DATA RECORDS Start Marker

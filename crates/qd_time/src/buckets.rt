//! The buckets of samples, as in QuestDB's SAMPLE BY: aligned to the calendar with an offset, or to
//! the first observation.
ghost use Rattle.std.specs.Prelude.{◌≡◌, ℕ, ◌+◌, ◌-◌, ◌*◌, ◌/◌, nat_lt, if◌then◌else◌, ◌≤◌, ◌<◌, IfSome, pos, neg_ℤ, ◌≤ℤ◌, ◌<ℤ◌, ◌+ℤ◌, ◌-ℤ◌, ◌*ℤ◌};
ghost use Rattle.std.specs.Int.{int_div_euclid};
ghost use Rattle.qd_time.specs.Buckets.{clip, offset_micros, month_start, month_end, month_after, month_midnight, months_to, day_of_month, moved, moved_end, last_index, bucket_start, bucket_end, start_by, end_by, IsStart, IsStride, IsAlign, IsReached, IsOffset, IsNear, IsAhead, IsPeriod};
ghost use Rattle.qd_time.specs.Calendar.{day_number};
ghost use Rattle.std.specs.Option.{SomeIff};

use crate::calendar::{
    DAY, HOUR, LAST_DAY, LAST_MONTH, MILLI, MINUTE, SECOND, date_of_day, day_of_month, month_number,
};
use qd_base::{MAX_TIME, TimeUnit};

/// How far apart buckets start: `n` units, from 1 to 1,000,000.
#[derive(Clone, Copy, Debug, PartialEq, Eq)]
pub struct Stride {
    /// How many units.
    pub n: u32,
    /// The unit.
    pub unit: TimeUnit,
}

/// What buckets are aligned to.
#[derive(Clone, Copy, Debug, PartialEq, Eq)]
pub enum Align {
    /// The calendar, with an offset of -1439 to 1439 minutes.
    Calendar {
        /// The offset in minutes.
        minutes: i32,
    },
    /// The first observation, from which starts are counted.
    First {
        /// Its timestamp.
        t0: u64,
    },
}

/// The start of the bucket that contains the moment.
///
/// On the calendar, buckets start at the offset and any number of strides from 1970-01-01, and for
/// months and years at the first moment of a month or year, counted from 1970, and the offset; a
/// start below 0 is 0. From a first observation they start at it and any number of strides, and for
/// months and years at its date moved by them, with the day held to the month's last and the time
/// of day kept. All times are in microseconds since 1970-01-01T00:00:00Z.
///
/// Takes constant time and no memory: up to days a division, without the calendar.
pub fn bucket_of(ts: u64, stride: Stride, align: Align) -> u64
    requires ts_high { ts ≤ MAX_TIME }
    requires stride { IsStride stride }
    requires align { IsAlign align }
    requires reached { IsReached align ts }
    ensures value { result ≡ bucket_start stride align ts }

    // Each moment lies in exactly one bucket: this start is the last that isn't after it.
    ensures not_after { result ≤ ts }
    ensures starts { IsStart stride align result }
    ensures last { (start : ℕ) → IsStart stride align start → start ≤ ts → start ≤ result }
{
    start_in(ts, stride.period(), align)
}

/// The least start of a bucket that is greater than `start`.
///
/// `None` exactly where that is past [`MAX_TIME`]. `start` may be any timestamp; with a first
/// observation after it, that observation is the next start. Takes constant time and no memory.
pub fn next_bucket(start: u64, stride: Stride, align: Align) -> Option<u64>
    requires start_high { start ≤ MAX_TIME }
    requires stride { IsStride stride }
    requires align { IsAlign align }
    ensures next { let end = bucket_end stride align start in SomeIff result (end ≤ MAX_TIME) end }

    // It is the first start that is greater.
    ensures greater { IfSome result (λ next. start < next) }
    ensures starts { IfSome result (IsStart stride align) }
    ensures first { (other : ℕ) → IsStart stride align other → start < other
        → bucket_end stride align start ≤ other }
{
    end_in(start, stride.period(), align)
}

/// How far apart buckets start, in microseconds or in months.
#[derive(Clone, Copy)]
pub(crate) enum Period {
    Micros(u64),
    Months(u64),
}

impl Stride {
    ghost use Rattle.qd_time.specs.Buckets.{period_of};

    /// The stride as microseconds or as months.
    fn period(self) -> Period
        requires { IsStride self }
        ensures value { result ≡ period_of self }
        ensures bound { IsPeriod result }
    {
        let n = self.n as u64;
        match self.unit {
            TimeUnit::Micro => Period::Micros(n),
            TimeUnit::Milli => Period::Micros(n * MILLI),
            TimeUnit::Second => Period::Micros(n * SECOND),
            TimeUnit::Minute => Period::Micros(n * MINUTE),
            TimeUnit::Hour => Period::Micros(n * HOUR),
            TimeUnit::Day => Period::Micros(n * DAY),
            TimeUnit::Month => Period::Months(n),
            TimeUnit::Year => Period::Months(n * 12),
        }
    }
}

/// The start of the bucket that contains the moment, by the period.
fn start_in(ts: u64, period: Period, align: Align) -> u64
    requires ts_high { ts ≤ MAX_TIME }
    requires period_in { IsPeriod period }
    requires align_in { IsAlign align }
    requires reached { IsReached align ts }
    ensures { result ≡ start_by period align ts }
{
    match (period, align) {
        (Period::Micros(period), Align::Calendar { minutes }) => {
            aligned_start(ts, period, offset_micros(minutes))
        }
        (Period::Micros(period), Align::First { t0 }) => counted_start(ts, period, t0),
        (Period::Months(n), Align::Calendar { minutes }) => {
            let offset = offset_micros(minutes);
            month_start(n, offset, ahead(ts, offset))
        }
        (Period::Months(n), Align::First { t0 }) => moved(t0, last_period(ts, n, t0) * n),
    }
}

/// The start after the bucket that contains the moment, unless it is past the last timestamp.
fn end_in(ts: u64, period: Period, align: Align) -> Option<u64>
    requires ts_high { ts ≤ MAX_TIME }
    requires period_in { IsPeriod period }
    requires align_in { IsAlign align }
    ensures { let end = end_by period align ts in SomeIff result (end ≤ MAX_TIME) end }
{
    match (period, align) {
        (Period::Micros(period), Align::Calendar { minutes }) => {
            within(aligned_end(ts, period, offset_micros(minutes)))
        }
        (Period::Micros(period), Align::First { t0 }) => within(counted_end(ts, period, t0)),
        (Period::Months(n), Align::Calendar { minutes }) => {
            let offset = offset_micros(minutes);
            month_end(n, offset, ahead(ts, offset))
        }
        (Period::Months(n), Align::First { t0 }) => moved_end(ts, n, t0),
    }
}

/// The offset in microseconds.
fn offset_micros(minutes: i32) -> i64
    requires low { neg_ℤ (pos 1439) ≤ℤ minutes }
    requires high { minutes ≤ℤ pos 1439 }
    ensures value { result ≡ offset_micros minutes }
    ensures bound { IsOffset result }
{
    minutes as i64 * MINUTE as i64
}

/// How far a moment lies after the offset.
fn ahead(ts: u64, offset: i64) -> i64
    requires ts_high { ts ≤ MAX_TIME }
    requires offset_in { IsOffset offset }
    ensures value { result ≡ pos ts -ℤ offset }
    ensures bound { IsAhead result }
{
    ts as i64 - offset
}

/// The start, at the offset and a number of periods, of the bucket that contains the moment.
fn aligned_start(ts: u64, period: u64, offset: i64) -> u64
    requires ts_high { ts ≤ MAX_TIME }
    requires period_in { IsPeriod (Period.Micros period) }
    requires offset_in { IsOffset offset }
    ensures { result
        ≡ clip (offset +ℤ int_div_euclid (pos ts -ℤ offset) (pos period) *ℤ pos period) }
{
    clip(aligned(ts, period, offset))
}

/// The start after it.
fn aligned_end(ts: u64, period: u64, offset: i64) -> u64
    requires ts_high { ts ≤ MAX_TIME }
    requires period_in { IsPeriod (Period.Micros period) }
    requires offset_in { IsOffset offset }
    ensures { result
        ≡ clip (offset +ℤ int_div_euclid (pos ts -ℤ offset) (pos period) *ℤ pos period +ℤ pos period) }
{
    clip(aligned(ts, period, offset) + period as i64)
}

/// The last moment, at the offset and a number of periods, that isn't after a moment. It may lie
/// below 0.
fn aligned(ts: u64, period: u64, offset: i64) -> i64
    requires ts_high { ts ≤ MAX_TIME }
    requires period_in { IsPeriod (Period.Micros period) }
    requires offset_in { IsOffset offset }
    ensures value { result
        ≡ offset +ℤ int_div_euclid (pos ts -ℤ offset) (pos period) *ℤ pos period }
    ensures not_after { result ≤ℤ pos ts }
    ensures next_after { pos ts <ℤ (result +ℤ pos period) }
{
    offset + periods_after(ts, period, offset) * period as i64
}

/// How many whole periods a moment lies after the offset, rounded down.
fn periods_after(ts: u64, period: u64, offset: i64) -> i64
    requires ts_high { ts ≤ MAX_TIME }
    requires period_in { IsPeriod (Period.Micros period) }
    requires offset_in { IsOffset offset }
    ensures value { result ≡ int_div_euclid (pos ts -ℤ offset) (pos period) }
    ensures bound { IsNear ts offset period result }
{
    ahead(ts, offset).div_euclid(period as i64)
}

/// The start, counted from `t0`, of the bucket that contains the moment.
fn counted_start(ts: u64, period: u64, t0: u64) -> u64
    requires reached { t0 ≤ ts }
    requires period_low { 1 ≤ period }
    ensures { result ≡ t0 + (ts - t0) / period * period }
{
    t0 + (ts - t0) / period * period
}

/// The start after it.
fn counted_end(ts: u64, period: u64, t0: u64) -> u64
    requires ts_high { ts ≤ MAX_TIME }
    requires t0_high { t0 ≤ MAX_TIME }
    requires period_in { IsPeriod (Period.Micros period) }
    ensures { result ≡ (if nat_lt ts t0 then t0 else t0 + ((ts - t0) / period + 1) * period) }
{
    if ts < t0 {
        return t0;
    }
    t0 + ((ts - t0) / period + 1) * period
}

/// The start, at the offset and a number of months, of the bucket that lies so far after the
/// offset.
fn month_start(n: u64, offset: i64, ahead: i64) -> u64
    requires n_low { 1 ≤ n }
    requires offset_in { IsOffset offset }
    requires ahead_in { IsAhead ahead }
    ensures { result ≡ month_start n offset ahead }
{
    if ahead < 0 {
        return 0;
    }
    let month = month_number(ahead as u64 / DAY) / n * n;
    month_begin(month, offset)
}

/// The start after it, unless it is past the last timestamp.
fn month_end(n: u64, offset: i64, ahead: i64) -> Option<u64>
    requires n_in { IsPeriod (Period.Months n) }
    requires offset_in { IsOffset offset }
    requires ahead_in { IsAhead ahead }
    ensures { let end = month_end n offset ahead in SomeIff result (end ≤ MAX_TIME) end }
{
    let month = month_after(n, ahead);
    if month > LAST_MONTH + 1 {
        return None;
    }
    let end = month_begin(month, offset);
    (end <= MAX_TIME).then_some(end)
}

/// The first month of the next bucket.
fn month_after(n: u64, ahead: i64) -> u64
    requires n_in { IsPeriod (Period.Months n) }
    requires ahead_in { IsAhead ahead }
    ensures { result ≡ month_after n ahead }
{
    if ahead < 0 {
        return 0;
    }
    (month_number(ahead as u64 / DAY) / n + 1) * n
}

/// A month's first moment at the offset.
fn month_begin(month: u64, offset: i64) -> u64
    requires month_high { month ≤ LAST_MONTH + 1 }
    requires offset_in { IsOffset offset }
    ensures { result ≡ clip (pos (month_midnight month) +ℤ offset) }
{
    clip((first_of(month) * DAY) as i64 + offset)
}

/// The day number of a month's first day. The month may be January 10000.
fn first_of(month: u64) -> u64
    requires { month ≤ LAST_MONTH + 1 }
    ensures value { result ≡ day_number (day_of_month month 1) }
    ensures bound { result ≤ LAST_DAY + 1 }
{
    if month > LAST_MONTH {
        return LAST_DAY + 1;
    }
    day_of_month(month, 1)
}

/// A moment moved by months, within the last year that timestamps have.
fn moved(t0: u64, months: u64) -> u64
    requires t0_high { t0 ≤ MAX_TIME }
    requires months_high { months_to t0 + months ≤ LAST_MONTH }
    ensures value { result ≡ moved t0 months }
    ensures bound { result ≤ MAX_TIME }
{
    let month = month_number(t0 / DAY) + months;
    day_of_month(month, date_of_day(t0 / DAY).day) * DAY + t0 % DAY
}

/// How many strides after `t0` the bucket that contains the moment starts.
fn last_period(ts: u64, n: u64, t0: u64) -> u64
    requires ts_high { ts ≤ MAX_TIME }
    requires reached { t0 ≤ ts }
    requires n_low { 1 ≤ n }
    ensures value { result ≡ last_index (λ k. moved t0 (k * n)) ts (months_to ts) }
    ensures bound { months_to t0 + result * n ≤ LAST_MONTH }
{
    let k = strides_between(ts, n, t0);
    if moved(t0, k * n) <= ts { k } else { k - 1 }
}

/// How many strides fit between the months of `t0` and of the moment.
fn strides_between(ts: u64, n: u64, t0: u64) -> u64
    requires ts_high { ts ≤ MAX_TIME }
    requires reached { t0 ≤ ts }
    requires n_low { 1 ≤ n }
    ensures value { result ≡ (months_to ts - months_to t0) / n }
    ensures bound { months_to t0 + result * n ≤ LAST_MONTH }
{
    (month_number(ts / DAY) - month_number(t0 / DAY)) / n
}

/// The start after the bucket that contains the moment, by months from `t0`, unless it is past the
/// last timestamp.
fn moved_end(ts: u64, n: u64, t0: u64) -> Option<u64>
    requires ts_high { ts ≤ MAX_TIME }
    requires t0_high { t0 ≤ MAX_TIME }
    requires n_in { IsPeriod (Period.Months n) }
    ensures { let end = moved_end n t0 ts in SomeIff result (end ≤ MAX_TIME) end }
{
    if ts < t0 {
        return Some(t0);
    }
    let months = (last_period(ts, n, t0) + 1) * n;
    if month_number(t0 / DAY) + months > LAST_MONTH {
        return None;
    }
    Some(moved(t0, months))
}

/// A start that isn't past the last timestamp.
fn within(start: u64) -> Option<u64>
    ensures { SomeIff result (start ≤ MAX_TIME) start }
{
    (start <= MAX_TIME).then_some(start)
}

/// A start, or 0 for one that would lie below 0.
fn clip(start: i64) -> u64
    ensures { result ≡ clip start }
{
    if start < 0 { 0 } else { start as u64 }
}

DATA RECORDS End Marker

EXERCISE BRIEF: In the listing above, find the line with "fn counted_end(ts: u64, period: u64, t0: u64)" and the line with "fn month_start(n: u64, offset: i64, ahead: i64)", then print exactly those two lines and every line between them, and nothing more.

SOLUTION FOR THIS PROBLEM:
fn counted_end(ts: u64, period: u64, t0: u64) -> u64
    requires ts_high { ts ≤ MAX_TIME }
    requires t0_high { t0 ≤ MAX_TIME }
    requires period_in { IsPeriod (Period.Micros period) }
    ensures { result ≡ (if nat_lt ts t0 then t0 else t0 + ((ts - t0) / period + 1) * period) }
{
    if ts < t0 {
        return t0;
    }
    t0 + ((ts - t0) / period + 1) * period
}

/// The start, at the offset and a number of months, of the bucket that lies so far after the
/// offset.
fn month_start(n: u64, offset: i64, ahead: i64) -> u64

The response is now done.